# Dac recommendations



## greglett (Dec 10, 2006)

Hi Guys, 

Looking for options for a dac with tubes.
Price point under 1K. 


Thanks.


----------



## Da Wiz (May 8, 2019)

Not sure why you want to add 2nd, 4th, and 6th harmonics and 35-50 dB of noise to well-decoded digital sound by running the decoded analog sound through tubes. "Tube guys" wax way too poetic over "tube sound". It's different sound, not better sound. Low frequencies suffer, the noise floor suffers, and tubes always produce more harmonic distortion than solid-state. If you're still interested, Audiogon.com


----------



## greglett (Dec 10, 2006)

I'm a tube guy. I like the sound of a system with a tube pre any day over a pure SS setup. 
It's what I like not saying it's better just what I like in my setup.
I Have always had a tube in my setup. Since I'm rebuilding my rig to be mixed use I wanted to have the dac in the chain with the processor and the streamer. Not looking to play CDs much.
The other option is to go with what I know and add the tube preamp, but I wanted to keep things simpler.


----------



## amco (Feb 7, 2011)

Seems to be a bit of confusion here noting comments ¨ a dac with tubes. Price point under 1K ¨ and ¨ I wanted to keep things simpler ¨.
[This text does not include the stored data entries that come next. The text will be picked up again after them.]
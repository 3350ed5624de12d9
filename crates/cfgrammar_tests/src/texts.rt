//! What texts say and their trees don't hold: spans of `%actiontype`, of `%parse-param` and of the types of rules. What the
//! trees hold of the same texts are rows of `read_rows`.

use crate::same::same;
use cfg_read::yacc::parser::error::ReadError;
use cfg_read::yacc::parser::read_syntax;
use cfg_read::yacc::parser::syntax::{Rule, Syntax, Word};
use cfg_read::yacc::{YaccKind, YaccOriginalActionKind};
use std::alloc::{AllocError, Global};
use std::test::*;

const YACC: YaccKind = YaccKind::Original(YaccOriginalActionKind::UserAction);

/// Adds a word as its text in round brackets and its span, behind a label.
fn push_word(alloc: Global, out: &mut String, label: &str, word: &Word) -> Result<(), AllocError> {
    let text = word.text.as_str();
    let start = word.span.start();
    let end = word.span.end();
    out.push_str(format!(in alloc; "{label}({text}){start}-{end}")?.as_str())
}

fn push_types(alloc: Global, out: &mut String, rules: &[Rule]) -> Result<(), AllocError> {
    for rule in rules {
        if let Some(word) = &rule.action_type {
            push_word(alloc, out, "->", word)?;
        }
    }
    Ok(())
}

/// Renders the types of actions, the parameter with its type, and the types of rules.
fn words_in(alloc: Global, x: &Syntax) -> Result<String, AllocError> {
    let mut out = String::new(alloc);
    for word in &x.action_types {
        push_word(alloc, &mut out, "type", word)?;
    }
    if let Some(param) = &x.parse_param {
        push_word(alloc, &mut out, "param", &param.name)?;
        push_word(alloc, &mut out, ":", &param.param_type)?;
    }
    push_types(alloc, &mut out, x.rules.as_slice())?;
    Ok(out)
}

/// Returns these words of a text, if it reads.
fn answer(alloc: Global, kind: YaccKind, text: &str) -> Result<String, AllocError> {
    match read_syntax(alloc, kind, text, 0) {
        Ok(x) => {
            let found = words_in(alloc, &x);
            drop(x);
            found
        }
        Err(ReadError::Memory(e)) => Err(e),
        Err(ReadError::Fault(fault, _offset)) => {
            drop(fault);
            String::from_str(alloc, "a fault")
        }
    }
}

const READINGS: &[(YaccKind, &str, &str)] = &[
    (YACC, "%start S", "a fault"),
    (YACC, "%start E %% E: T '+' E | T; T: 'ID';", ""),
    (
        YACC,
        "%actiontype  Vec<u8> // x\r\n%%",
        "type(Vec<u8> // x)13-25",
    ),
    (
        YACC,
        "%parse-param p : &'a T // x\n%%",
        "param(p)13-14:(&'a T // x)17-27",
    ),
    (
        YACC,
        "%parse-param a :: b : c::d\n%%",
        "param(a :: b)13-19:(c::d)22-26",
    ),
    (YACC, "%parse-param :\n%%", "param()13-13:()14-14"),
    (
        YaccKind::Grmtools,
        "%% S -> Result<a::B, ()> : 'a'; T->:;",
        "->(Result<a::B, ()>)8-24->()35-35",
    ),
];

#[test]
fn words_outside_of_trees(rt: HostRuntime) -> Result<(), Fail> {
    for (kind, text, expected) in READINGS {
        let found = answer(rt.alloc(), *kind, text)?;
        same(&rt, text, found.as_str(), *expected);
    }
    Ok(())
}
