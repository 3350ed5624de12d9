//! Tables over the rules of a grammar that a work list fills: a rule is taken from the list, and what depends on the
//! rule is updated; a rule whose entry grows enters the list.

ghost use Rattle.std.specs.Prelude.{◌≡◌, ℕ, ◌+◌, ◌<◌, ◌≤◌, ◌⊎◌, List, [], ◌∷◌, ◌++◌, length, OnOk, IfOk, IfSome, MatchOption};
ghost use Rattle.std.specs.List.{All, Contains};
ghost use Rattle.cfg_sets.specs.WorkLists.{Work};

use cfg_base::steps::Steps;
use std::alloc::{AllocError, Global};
use std::marker::Model;
use std::sync::ledger::Ledger;
use vob::Vob;

/// Rules that wait to be taken, each once. The last one is taken first.
#[derive(Drop)]
pub struct WorkList {
    list: Vec<usize>,
    waits: Vob,
}

impl Model for WorkList {
    ghost use Rattle.std.specs.Prelude.{ℕ, ◌<◌, IsTrue, length};
    ghost use Rattle.std.specs.List.{All, Contains};
    ghost use Rattle.vob.specs.Sets.{is_set};
    ghost use Rattle.cfg_sets.specs.WorkLists.{Work};

    ghost Value = { Work };

    ghost view = { λ w. record { rules = length w.waits.bits; list = w.list.items } };

    ghost invariant = { λ w.
        All (λ A. A < length w.waits.bits) w.list.items ×
        ((A : ℕ) → IsTrue (is_set w.waits.bits A) → Contains w.list.items A) };
}

impl WorkList {
    /// Creates a list of rules below `rules` in which none waits.
    pub fn new(alloc: Global, rules: usize) -> Result<WorkList, AllocError>
        ensures { IfOk result (λ w. w ≡ record { rules = rules; list = [] }) }
    {
        Ok(WorkList {
            list: Vec::new(alloc),
            waits: Vob::from_elem(alloc, false, rules)?,
        })
    }

    /// Puts a rule into the list, where it isn't there.
    pub fn put(&mut self, rule: usize) -> Result<(), AllocError>
        requires { rule < self.old.rules }
        ensures rules { OnOk result (self.new.rules ≡ self.old.rules) }
        ensures waits { OnOk result (Contains self.new.list rule) }
        ensures kept { OnOk result ((A : ℕ) → Contains self.old.list A → Contains self.new.list A) }
        ensures only { OnOk result ((A : ℕ) → Contains self.new.list A → Contains self.old.list A ⊎ (A ≡ rule)) }
        ensures longer { OnOk result (length self.new.list ≤ length self.old.list + 1) }
    {
        if self.waits.get_unchecked(rule) {
            return Ok(());
        }
        self.list.push(rule)?;
        self.waits.set(rule, true);
        Ok(())
    }

    /// Takes the last rule off the list, and counts that as a step.
    pub fn take<L: Ledger>(&mut self, steps: &mut Steps<L>) -> Option<usize>
        ensures counted { MatchOption result (steps.new ≡ steps.old) (λ _. steps.new ≡ steps.old + 1) }
        ensures rules { self.new.rules ≡ self.old.rules }
        ensures list { MatchOption result (self.old.list ≡ []) (λ A. self.old.list ≡ self.new.list ++ A ∷ []) }
        ensures within { IfSome result (λ A. A < self.old.rules) }
    {
        match self.list.pop() {
            Some(rule) => {
                self.waits.set(rule, false);
                steps.tick();
                Some(rule)
            }
            None => None,
        }
    }

    /// Returns the rules of the list.
    pub fn into_list(self) -> Vec<usize>
        ensures list { result.items ≡ self.list }
        ensures within { All (λ A. A < self.rules) self.list }
    {
        self.list
    }

    /// Proves that the rules of the list are below their number.
    pub fn stays_within(&self)
        ensures { All (λ A. A < self.now.rules) self.now.list }
    {
        // For the proof alone: this read gives it the invariant of each such list.
        let _list = &self.list;
    }

    /// Creates a list in which all rules below `rules` wait, the least first.
    pub fn full(alloc: Global, rules: usize) -> Result<WorkList, AllocError>
        ensures rules { IfOk result (λ w. w.rules ≡ rules) }
        ensures all { IfOk result (λ w. (A : ℕ) → A < rules → Contains w.list A) }
        ensures length { IfOk result (λ w. length w.list ≤ rules) }
    {
        let mut work = WorkList::new(alloc, rules)?;
        'rules: for number in 0..rules {
            work.put(rules - 1 - number)?;
        }
        Ok(work)
    }
}

/// A table over numbered rules that a work list fills.
pub trait WorkTable {
    /// The number of rules. Rules are numbered from 0, and no call changes it.
    ghost rules: { Self → ℕ };

    /// What holds of the table at all times, such as that each entry is true of its rule.
    ghost is_sound: { Self → Type 0 };

    /// An upper bound of how often the table can still change; each change lessens it.
    ghost room: { Self → ℕ };

    /// The table is closed, except for what depends on the rules of the list.
    ghost is_closed_but: { Self → List ℕ → Type 0 };

    /// Two tables are filled from the same data, which no call changes.
    ghost is_of_same: { Self → Self → Type 0 };

    /// A table is filled from the same data as itself.
    ghost same_refl: { (s : Self) → is_of_same s s };

    /// Tables with the same data as a third one have the same data.
    ghost same_trans: { (s t u : Self) → is_of_same s t → is_of_same t u → is_of_same s u };

    /// Updates what depends on a rule that was taken off the list. Each rule whose entry grows enters the list.
    fn take(&mut self, rule: usize, work: &mut WorkList) -> Result<(), AllocError>
        requires rule { rule < rules self.old }
        requires work { work.old.rules ≡ rules self.old }
        requires sound { is_sound self.old }
        requires closed { is_closed_but self.old (work.old.list ++ rule ∷ []) }
        ensures rules { OnOk result (rules self.new ≡ rules self.old) }
        ensures work { OnOk result (work.new.rules ≡ work.old.rules) }
        ensures same { OnOk result (is_of_same self.old self.new) }
        ensures sound { OnOk result (is_sound self.new) }
        ensures closed { OnOk result (is_closed_but self.new work.new.list) }
        ensures room { OnOk result (room self.new + length work.new.list ≤ room self.old + length work.old.list) };
}

/// Takes rules off the list until none is left. Each taking is counted as a step.
pub fn fill<T: WorkTable, L: Ledger>(
    table: &mut T,
    work: &mut WorkList,
    steps: &mut Steps<L>,
) -> Result<(), AllocError>
    requires work { work.old.rules ≡ T.rules table.old }
    requires sound { T.is_sound table.old }
    requires closed { T.is_closed_but table.old work.old.list }
    ensures same { OnOk result (T.is_of_same table.old table.new) }
    ensures sound { OnOk result (T.is_sound table.new) }
    ensures closed { OnOk result (T.is_closed_but table.new []) }
    ensures takings { steps.new ≤ steps.old + (T.room table.old + length work.old.list) }
{
    'takings: loop {
        match work.take(steps) {
            Some(rule) => table.take(rule, work)?,
            None => return Ok(()),
        }
    }
}
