//! Why a grammar is refused a table, for a reader: how its start rule derives itself (`push_derivation`), and which
//! productions are reduced before a token without end (`find_cycle`, `push_cycle`), behind a string that leads there. Of a table
//! that is made, the conflicts that it lists, ordered and in blocks (`blocks_of`), and their examples (`nearest`) as texts
//! (`push_example`).
//!
//! ```rust
//! use cfg_base::symbol::{RIdx, TIdx};
//! use cfg_numbered::yacc::NumberedGrammar;
//! use lrtable::StIdx;
//! use refused_tables::{Beginning, ReductionCycle, find_cycle};
//! use std::alloc::{AllocError, Global};
//!
//! /// The productions that go round from the start state on the first token.
//! fn cycle_at_start(
//!     alloc: Global,
//!     grm: &NumberedGrammar<u32>,
//! ) -> Result<Option<ReductionCycle>, AllocError> {
//!     let beginning = Beginning {
//!         state: StIdx(0),
//!         rule: None,
//!         token: TIdx(0),
//!     };
//!     find_cycle(alloc, grm, beginning)
//! }
//! ```
//!
//! For `%% E: ; S: E S 'b' | ;` with the start rule `S` it returns the one production `E: %empty`, since `E` is
//! reduced before `b` again and again.
#![tactic(auto)]

mod cycle;
mod derivations;
mod examples;
mod listed;
mod nearer;
mod paths;
mod runs;
mod words;

pub use cycle::{Beginning, ReductionCycle, find_cycle};
pub use derivations::push_derivation;
pub use examples::push_example;
pub use listed::{Listed, blocks_of, states_of};
pub use nearer::nearest;
pub use words::push_cycle;
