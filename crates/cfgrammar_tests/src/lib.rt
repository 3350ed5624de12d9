//! Tests of `cfg_read` and `cfgrammar` that need more than a text and what is printed of it: calls that change a value, loops
//! over a grammar's numbers, functions handed in, values made by hand, texts of errors. Texts with their trees and errors are
//! rows of `read_rows`; those with what is printed of their grammars, FIRST and FOLLOW sets, paths, sentences and refusals
//! are rows of `grammar_rows`.
//! Large values are dropped by name, at one exit: such drops go through one function for each type,
//! which is checked once, where a drop at the end of a scope is checked anew at each exit.
#![tactic(auto)]

#[cfg(test)]
mod error_texts;
#[cfg(test)]
mod kinds;
#[cfg(test)]
mod make;
#[cfg(test)]
mod numbers;
#[cfg(test)]
mod refusals;
#[cfg(test)]
mod same;
#[cfg(test)]
mod sentences;
#[cfg(test)]
mod texts;
#[cfg(test)]
mod trees;
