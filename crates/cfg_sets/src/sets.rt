//! Sets of tokens, one for each rule: FIRST and FOLLOW sets are stored so, and lookaheads of a closure may be.

ghost use Rattle.std.specs.Prelude.{◌≡◌, ℕ, ◌<◌, ◌↔◌, ◌||◌, Bool, true, false, not, IsTrue, IfOk, List, [], length, map, get_or, replicate, slice_set, if◌then◌else◌};
ghost use Rattle.vob.specs.Sets.{SetRows, is_set, is_set_in, missing_in, joined_to, HasAllOf, AreRows};
ghost use Rattle.vob.specs.Passes.{PassStep};

use std::alloc::{AllocError, Global};
use std::marker::Model;
use vob::Vob;

/// A set of tokens for each rule.
#[derive(Drop)]
pub struct TokenSets {
    width: usize,
    rows: Vec<Vob>,
}

impl Model for TokenSets {
    ghost use Rattle.std.specs.Prelude.{map, length};
    ghost use Rattle.vob.specs.Sets.{SetRows, AreRows};

    ghost Value = { SetRows };

    ghost view = { λ s. record { width = s.width; rows = map (λ v. v.bits) s.rows.items } };

    ghost invariant = { λ s. AreRows (length (map (λ v. v.bits) s.rows.items)) s.width (map (λ v. v.bits) s.rows.items) };
}

impl TokenSets {
    /// Creates `count` empty sets of numbers below `width`.
    pub fn empty(alloc: Global, count: usize, width: usize) -> Result<TokenSets, AllocError>
        ensures { IfOk result (λ s. s ≡ record { width = width; rows = replicate count (replicate width false) }) }
    {
        let mut rows = Vec::new(alloc);
        'rows: for _ in 0..count {
            rows.push(Vob::from_elem(alloc, false, width)?)?;
        }
        Ok(TokenSets { width, rows })
    }

    /// Returns the set of a rule.
    pub fn row(&self, rule: usize) -> &Vob
        requires { rule < length self.now.rows }
        ensures bits { result.now.bits ≡ get_or self.now.rows rule [] }
        ensures width { length result.now.bits ≡ self.now.width }
    {
        &self.rows[rule]
    }

    /// Adds the tokens to the set of a rule, and returns whether that changed it.
    pub fn join(&mut self, rule: usize, tokens: &Vob) -> bool
        requires within { rule < length self.old.rows }
        requires width { length tokens.now.bits ≡ self.old.width }
        ensures value { self.new ≡ record { width = self.old.width; rows = joined_to self.old.rows rule tokens.now.bits } }
        ensures width_was { length (get_or self.old.rows rule []) ≡ self.old.width }
        ensures steps { PassStep missing_in (HasAllOf rule tokens.now.bits) self.old.rows self.new.rows result }
    {
        let row = &mut self.rows[rule];
        row.or(tokens)
    }

    /// Puts a token into the set of a rule, and returns whether it was there.
    pub fn put(&mut self, rule: usize, token: usize) -> bool
        requires rule { rule < length self.old.rows }
        requires token { token < self.old.width }
        ensures was { IsTrue result ↔ IsTrue (is_set_in self.old.rows rule token) }
        ensures value { self.new ≡ record { width = self.old.width; rows = slice_set self.old.rows rule (slice_set (get_or self.old.rows rule []) token true) } }
    {
        let row = &mut self.rows[rule];
        !row.set(token, true)
    }
}

/// Empties a set unless `keep`.
pub fn clear_unless(set: &mut Vob, keep: bool)
    ensures { set.new.bits ≡ if keep then set.old.bits else replicate (length set.old.bits) false }
{
    if !keep {
        set.set_all(false);
    }
}
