//! FIRST and FOLLOW sets of a grammar value (Aho, Sethi and Ullman 1986, section 4.4), paths between its rules, and whether each
//! derives some text.
//!
//! ```rust
//! use cfg_base::index::IndexStorage;
//! use cfg_numbered::yacc::NumberedGrammar;
//! use cfg_sets::YaccFirsts;
//! use std::alloc::{AllocError, Global};
//!
//! /// The rules that derive the empty list.
//! fn nullable<S: IndexStorage>(
//!     alloc: Global,
//!     grm: &NumberedGrammar<S>,
//! ) -> Result<String, AllocError> {
//!     let firsts = YaccFirsts::new(alloc, grm)?;
//!     let mut names = String::new(alloc);
//!     for number in 0..usize::from(grm.rules_len()) {
//!         let ridx = grm.rule_at(number);
//!         if firsts.is_epsilon_set(ridx) {
//!             names.push_str(grm.rule_name_str(ridx))?;
//!             names.push_str(" ")?;
//!         }
//!     }
//!     Ok(names)
//! }
//! ```
//!
//! For the grammar of `%start S %% S: A 'b'; A: 'a' A | ;` it returns `A `. `is_epsilon_set` requires that the index
//! is one of this grammar, which follows from `rule_at`; that requires a number below the count.
//!
//! The contracts that matter most are those of `YaccFirsts::new` and `YaccFollows::new`, whose sets have exactly the
//! tokens that derivations have, of `has_path` and of `all_productive`.
//!
//! Sets and paths are found with a work list of rules (`work_list`): a rule is taken from it, what depends on the
//! rule is updated, and a rule whose set grows enters the list. All that is in a set is true of derivations, at the
//! end the sets are closed under the productions, and such sets are exact by the laws of `cfg_theory`.
#![tactic(auto)]

pub mod firsts;
pub mod follows;
pub mod naming;
pub mod orders;
pub mod paths;
mod productive;
pub mod sets;
pub mod work_list;

pub use firsts::YaccFirsts;
pub use follows::YaccFollows;
pub use paths::has_path;
pub use productive::all_productive;
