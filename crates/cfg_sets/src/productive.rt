//! Whether each rule of a grammar derives some text.
//!
//! A production is held up at the first of its rules that isn't known to derive some text. Where a rule comes to be known,
//! the productions that name it are looked at again, each from where it was held up. So each symbol is passed twice at
//! most.

ghost use Rattle.std.specs.Prelude.{◌≡◌, ℕ, ◌<◌, ◌≤◌, [], ◌∷◌, ◌++◌, IsTrue, IfOk, IfSome, OnOk, None, false, length, replicate};
ghost use Rattle.vob.specs.Sets.{is_set};
ghost use Rattle.cfg_numbered.specs.Symbols.{sym_of};
ghost use Rattle.cfg_sets.specs.WorkLists.{HasList, ListsNaming};
ghost use Rattle.cfg_sets.specs.Productive.{EachProductive};
ghost use Rattle.cfg_theory.specs.Decides.{Decides};
ghost use Rattle.cfg_sets.specs.Searching.{AllFoundFrom, IsLookedAt, IsSearch, LooksAt, NamesUnfound, TellsHeld, TellsHold, room};

use crate::naming::Naming;
use cfg_base::index::IndexStorage;
use cfg_base::symbol::{PIdx, Symbol};
use cfg_numbered::yacc::NumberedGrammar;
use cfg_theory::rules::productive_tables_are_exact;
use std::alloc::{AllocError, Global};
use vob::Vob;

/// The rules that are known to derive some text, where each production was held up, and the rules of which those that name
/// them are still to be looked at.
#[derive(Drop)]
pub(crate) struct Search {
    found: Vob,
    hints: Vec<usize>,
    work: Vec<usize>,
}

/// Whether a symbol is a rule that isn't found.
fn is_held<S: IndexStorage>(symbol: Symbol<S>, found: &Vob) -> bool
    requires { HasList (length found.now.bits) (sym_of S.number symbol) }
    ensures { TellsHeld found.now.bits (sym_of S.number symbol) result }
{
    match symbol {
        Symbol::Rule(ridx) => !found.get_unchecked(ridx.0.to_usize()),
        Symbol::Token(_) => false,
    }
}

/// The index of the first rule of a production, from `start` on, that isn't found.
fn held_from<S: IndexStorage>(
    grm: &NumberedGrammar<S>,
    pidx: PIdx<S>,
    start: usize,
    found: &Vob,
) -> Option<usize>
    requires production { S.number pidx.0 < length grm.now.grammar.productions }
    requires width { length found.now.bits ≡ grm.now.grammar.rules }
    ensures some { IfSome result (λ d. NamesUnfound grm.now.grammar found.now.bits (S.number pidx.0)) }
    ensures none { result ≡ None → AllFoundFrom grm.now.grammar found.now.bits (S.number pidx.0) start }
{
    grm.start_prod();
    let symbols = grm.prod(pidx);
    'symbols: for index in start..symbols.len() {
        if is_held(symbols[index], found) {
            return Some(index);
        }
    }
    None
}

/// The index of a rule of a production that isn't found, where there is one. It is looked for from `hint` on, and only
/// where there is none from the first symbol on.
fn held_up<S: IndexStorage>(
    grm: &NumberedGrammar<S>,
    pidx: PIdx<S>,
    hint: usize,
    found: &Vob,
) -> Option<usize>
    requires production { S.number pidx.0 < length grm.now.grammar.productions }
    requires width { length found.now.bits ≡ grm.now.grammar.rules }
    ensures { TellsHold grm.now.grammar found.now.bits (S.number pidx.0) result }
{
    match held_from(grm, pidx, hint, found) {
        Some(index) => Some(index),
        None => held_from(grm, pidx, 0, found),
    }
}

impl Search {
    /// Nothing is found, and each production begins with its first symbol.
    fn new(alloc: Global, rules: usize, prods: usize) -> Result<Search, AllocError>
        ensures found { IfOk result (λ s. s.found.bits ≡ replicate rules false) }
        ensures hints { IfOk result (λ s. length s.hints.items ≡ prods) }
        ensures work { IfOk result (λ s. s.work.items ≡ []) }
    {
        let mut hints = Vec::new(alloc);
        'prods: for _ in 0..prods {
            hints.push(0)?;
        }
        Ok(Search {
            found: Vob::from_elem(alloc, false, rules)?,
            hints,
            work: Vec::new(alloc),
        })
    }

    /// Looks at a production: its rule was found before, or it is held up, or its rule is found.
    fn look_at<S: IndexStorage>(
        &mut self,
        grm: &NumberedGrammar<S>,
        number: usize,
    ) -> Result<(), AllocError>
        requires production { number < length grm.now.grammar.productions }
        requires search { IsSearch grm.now.grammar self.old }
        ensures { OnOk result (LooksAt grm.now.grammar number self.old self.new) }
    {
        grm.start_prod();
        let pidx = grm.prod_at(number);
        let head = grm.prod_to_rule(pidx).0.to_usize();
        if self.found.get_unchecked(head) {
            return Ok(());
        }
        if let Some(index) = held_up(grm, pidx, self.hints[number], &self.found) {
            self.hints[number] = index;
            return Ok(());
        }
        self.find(grm, pidx)
    }

    /// Finds the rule of a production whose rules are all found.
    fn find<S: IndexStorage>(
        &mut self,
        grm: &NumberedGrammar<S>,
        pidx: PIdx<S>,
    ) -> Result<(), AllocError>
        requires production { S.number pidx.0 < length grm.now.grammar.productions }
        requires search { IsSearch grm.now.grammar self.old }
        requires all { AllFoundFrom grm.now.grammar self.old.found.bits (S.number pidx.0) 0 }
        ensures { OnOk result (LooksAt grm.now.grammar (S.number pidx.0) self.old self.new) }
    {
        grm.start_prod();
        let rule = grm.prod_to_rule(pidx).0.to_usize();
        if self.found.set(rule, true) {
            self.work.push(rule)?;
        }
        Ok(())
    }

    /// Looks at all productions once.
    fn look_at_all<S: IndexStorage>(&mut self, grm: &NumberedGrammar<S>) -> Result<(), AllocError>
        requires { IsSearch grm.now.grammar self.old }
        ensures search { OnOk result (IsSearch grm.now.grammar self.new) }
        ensures looked_at { OnOk result ((p : ℕ) → p < length grm.now.grammar.productions → IsLookedAt grm.now.grammar self.new.found.bits self.new.work.items p) }
    {
        'prods: for number in 0..grm.prods_len().0.to_usize() {
            self.look_at(grm, number)?;
        }
        Ok(())
    }

    /// Looks at the productions that name a rule, which was taken off the list.
    fn look_at_named<S: IndexStorage>(
        &mut self,
        grm: &NumberedGrammar<S>,
        naming: &Naming,
        rule: usize,
    ) -> Result<(), AllocError>
        requires rule { rule < grm.now.grammar.rules }
        requires naming { ListsNaming grm.now.grammar (length grm.now.grammar.productions) naming.now }
        requires search { IsSearch grm.now.grammar self.old }
        requires looked_at { (p : ℕ) → p < length grm.now.grammar.productions → IsLookedAt grm.now.grammar self.old.found.bits (self.old.work.items ++ rule ∷ []) p }
        ensures search { OnOk result (IsSearch grm.now.grammar self.new) }
        ensures looked_at { OnOk result ((p : ℕ) → p < length grm.now.grammar.productions → IsLookedAt grm.now.grammar self.new.found.bits self.new.work.items p) }
        ensures less { OnOk result (room self.new ≤ room self.old) }
    {
        let named = naming.of(rule);
        'prods: for index in 0..named.len() {
            self.look_at(grm, named[index])?;
        }
        Ok(())
    }

    /// Looks at productions until no rule waits.
    fn run<S: IndexStorage>(
        &mut self,
        grm: &NumberedGrammar<S>,
        naming: &Naming,
    ) -> Result<(), AllocError>
        requires naming { ListsNaming grm.now.grammar (length grm.now.grammar.productions) naming.now }
        requires search { IsSearch grm.now.grammar self.old }
        requires looked_at { (p : ℕ) → p < length grm.now.grammar.productions → IsLookedAt grm.now.grammar self.old.found.bits self.old.work.items p }
        ensures search { OnOk result (IsSearch grm.now.grammar self.new) }
        ensures looked_at { OnOk result ((p : ℕ) → p < length grm.now.grammar.productions → IsLookedAt grm.now.grammar self.new.found.bits [] p) }
    {
        'takings: loop {
            match self.work.pop() {
                Some(rule) => self.look_at_named(grm, naming, rule)?,
                None => return Ok(()),
            }
        }
    }

    /// Whether all rules are found.
    fn has_all(&self) -> bool
        ensures { Decides ((A : ℕ) → A < length self.now.found.bits → IsTrue (is_set self.now.found.bits A)) result }
    {
        'rules: for rule in 0..self.found.len() {
            if !self.found.get_unchecked(rule) {
                return false;
            }
        }
        true
    }
}

/// Returns whether each rule of a grammar derives some text.
pub fn all_productive<S: IndexStorage>(
    alloc: Global,
    grm: &NumberedGrammar<S>,
) -> Result<bool, AllocError>
    ensures { IfOk result (Decides (EachProductive grm.now.grammar)) }
{
    productive_tables_are_exact();
    let naming = Naming::new(alloc, grm)?;
    let rules = grm.rules_len().0.to_usize();
    let mut search = Search::new(alloc, rules, grm.prods_len().0.to_usize())?;
    search.look_at_all(grm)?;
    search.run(grm, &naming)?;
    Ok(search.has_all())
}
There are wonderful DACs available for under $500, but DACs with tubes are High End audiophile fashion items and priced accordingly $$$$. Also they are nothing so simple, being mixed metaphors with 21st century low voltage digital signal processing circuits (con)fused into mid-20th century high voltage tube technology. So as commented by our dear colleague Da Wiz, why even pay big $$$$ for a DAC that throws out most of the digital benefits by incorporating the tube limitations. It would seem more coherent to me that you remain with a full-tube analog system, with vinyl, tapes, FM radio etc. and do not waste money on digital gadgets that you appear not to admire ?!? Just my interpretation ... for me, black is black and white is white ... ¨and never the twain shall meet¨.

PS: after 30 years of vinyl and tubes, I am selling off my entire beloved vinyl collection of over 500 LPs and moving to full surround sound (else FLACs), that is is just so much more enjoyable as an immersive aesthetic experience.


----------



## greglett (Dec 10, 2006)

Funny. No need to responde to this thread anymore. Found the information I needed.


----------